Kip Moore explores new sound in ‘Slowheart’ album

TIFTON — Kip Moore has been busy.

After releasing his first album, “Up All Night” in 2012, the Tifton native set out on tour after tour, releasing his second album, “Wild Ones” and compiling material for his recently released third album, “Slowheart.”

Somewhere in there, Moore needed a break.

“My soul was in desperate need of a recharge,” said Moore. “All I’ve done is music for the last seven years. Non-stop playing shows, writing records. I just felt like there was no balance in my life, and I completely lost touch of that line of keeping balance and going after what you’re trying to achieve.”

So Moore dropped off the map for a few months, backpacking, surfing and traveling through Iceland.

“It was the single most profound, quiet, closest-to-God feeling I’ve ever had in my whole life,” said Moore. “It was a big game-changer for me.”

So much so that it created a split in “Slowheart.”

“A lot of the songs were born before my travels. There’s a stubborn quality to those songs, a feeling that I’m not quite ready to show my vulnerability and change.

“Then there’s songs like “Try Again” and “More Girls Like You” that were written after my travels. There’s a sense of hope, a sense of doing things different and showing those vulnerabilities the next time around when you’re faced with that same situation.”

Moore gives it a roughly 60/40 split, with 60 percent of the album done before his trip and 40 percent after.

Moore calls “Slowheart” his most anthemic record.

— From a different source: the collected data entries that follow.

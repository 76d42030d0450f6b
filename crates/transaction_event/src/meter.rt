//! The meter values of a request.
ghost use Rattle.std.specs.Prelude.{◌≡◌, ◌≢◌, Ok, Err, OnOk, IfOk, IfErr};
ghost use Rattle.marked_json.specs.Reading.{node, left_of};
ghost use Rattle.transaction_event.{specs.Steps.for_each, specs.Sampled.sample, specs.RequestMembers.{AreFound, request_with}, specs.Growth.{GrowsAmong, SampleGrows, MeterValueGrows, MeterValuesGrow}, specs.declared.fault.PayloadFault.TheVariants.OutOfMemory};
ghost use Rattle.transaction_event.specs.MeterValues as spec;

use crate::PayloadFault;
use crate::member::required_items;
use crate::readings::CountedReadings;
use crate::request_members::RequestMembers;
use crate::sampled::sample;
use crate::timestamp::NamedMoment;
use ledger_model::Moment;
use marked_json::{Items, Node};
use std::alloc::Global;

#[tactic(auto, unfolding(crate::specs::Steps::for_each), using(crate::proofs::Growing::grows_here, crate::proofs::Growing::grows_later))]
fn samples(
    moment: Moment,
    values: Items,
    readings: &mut CountedReadings,
) -> Result<(), PayloadFault>
    ensures ok { OnOk result
        (for_each (sample moment) readings.old (left_of values.entry) ≡ Ok readings.new) }
    ensures err { IfErr result
        (λ f. f ≢ OutOfMemory → for_each (sample moment) readings.old (left_of values.entry) ≡ Err f) }
    ensures memory { IfErr result
        (λ f. f ≡ OutOfMemory → GrowsAmong (sample moment) (SampleGrows moment) readings.old (left_of values.entry)) }
{
    for value in values {
        sample(moment, value, readings)?;
    }
    Ok(())
}

#[tactic(auto, unfolding(crate::specs::MeterValues::meter_value))]
fn meter_value(
    at: &NamedMoment,
    element: Node,
    readings: &mut CountedReadings,
) -> Result<(), PayloadFault>
    ensures ok { OnOk result (spec.meter_value readings.old (node element.entry) ≡ Ok readings.new) }
    ensures err { IfErr result
        (λ f. f ≢ OutOfMemory → spec.meter_value readings.old (node element.entry) ≡ Err f) }
    ensures memory { IfErr result (λ f. f ≡ OutOfMemory → MeterValueGrows readings.old (node element.entry)) }
{
    if !element.is_object() {
        return Err(PayloadFault::WrongType);
    }
    let moment = at.timestamp(element)?;
    samples(moment, required_items(element, "sampledValue")?, readings)
}

#[tactic(auto, unfolding(crate::specs::Steps::for_each), using(crate::proofs::Growing::grows_here, crate::proofs::Growing::grows_later))]
fn elements_in_turn(
    at: &NamedMoment,
    elements: Items,
    readings: &mut CountedReadings,
) -> Result<(), PayloadFault>
    ensures ok { OnOk result
        (for_each spec.meter_value readings.old (left_of elements.entry) ≡ Ok readings.new) }
    ensures err { IfErr result
        (λ f. f ≢ OutOfMemory → for_each spec.meter_value readings.old (left_of elements.entry) ≡ Err f) }
    ensures memory { IfErr result
        (λ f. f ≡ OutOfMemory → GrowsAmong spec.meter_value MeterValueGrows readings.old (left_of elements.entry)) }
{
    for element in elements {
        meter_value(at, element, readings)?;
    }
    Ok(())
}

/// The counted readings of a request's meter values (MeterValueType, OCPP 2.0.1 Part 2, J02), in
/// the order sent. The first fault is reported.
#[tactic(auto, unfolding(crate::specs::MeterValues::meter_values, crate::specs::Steps::for_each))]
pub fn meter_values(
    alloc: Global,
    members: &RequestMembers,
    at: &NamedMoment,
) -> Result<CountedReadings, PayloadFault>
    requires { AreFound members.now }
    ensures ok { IfOk result (λ readings. spec.meter_values (request_with members.now) ≡ Ok readings) }
    ensures err { IfErr result
        (λ f. f ≢ OutOfMemory → spec.meter_values (request_with members.now) ≡ Err f) }
    ensures memory { IfErr result (λ f. f ≡ OutOfMemory → MeterValuesGrow (request_with members.now)) }
{
    let mut readings = CountedReadings::new(alloc);
    if let Some(elements) = members.meter_values()? {
        elements_in_turn(at, elements, &mut readings)?;
    }
    Ok(readings)
}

It’s his first turn as a solo producer, after serving as co-producer for his first couple of albums.

He wanted to bring a 70s rock feel, a Motown vibe.

“I had lived with these songs and I knew the exact arrangements that I wanted on them,” said Moore. “I didn’t want to be deterred from what I had in my head, so I just went in and decided to do it myself.”

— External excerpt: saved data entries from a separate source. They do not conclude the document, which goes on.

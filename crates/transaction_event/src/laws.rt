//! Laws of the definitions.
ghost use Rattle.transaction_event.specs.Laws.{EachDeliveryIsAdmissible, EachDeliveryIsAnswered};

/// [`event_reply`](crate::event_reply) takes each answer that a delivery can get.
#[tactic(auto, using(crate::proofs::Deliveries::each_delivery_is_answered))]
pub fn deliveries_are_answered()
    ensures { EachDeliveryIsAnswered }
{}

/// Each event that a text means can be delivered to a ledger: its key, its moment, its EVSE and its readings
/// are in their ranges.
pub fn deliveries_are_admissible()
    ensures { EachDeliveryIsAdmissible }
{}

It’s a different sound for Moore, one that harkens back to growing up in south Georgia.

His dad, Sam Moore, brought him up on what Kip calls “the greatest song writers of all time.”

“Bob Dylan, Bruce Springsteen, Jackson Brown, Wilie Nelson, Merle Haggard. Luckily, I had a dad that was really pushing legendary music on me from an early age, which really shaped me.”

His mom, Bonnie, played piano at a Baptist church and taught lessons at home. That was part of it too, he says, all those hymns in the house from an early age.

“That slow pace of living down in south Georgia allowed me to really absorb those songs and live with them,” said Kip.

Moore points to different influences from track to track

On “Just a Girl,” he points to the Rolling Stones and Lynyrd Skynyrd.

“Plead the Fifth,” hints of The Cure and Springsteen.

“Good Things,” Sam Cooke and the Motown era.

“I think naturally listing to those records at an early age and then continuing to study those artists as I’ve gotten older, a lot of that stuff bleeds through the music.”

Of course, with a new album comes a new tour, and Kip’s Plead The Fifth Tour starts up in mid-October.

After that?

“We’ll see what happens,” said Kip. “I’ll never make the same record twice. I’ll never try to hold on to staying young with pop culture and be relevant to that. My music will grow as I grow, and I hope the audience just grows with me.”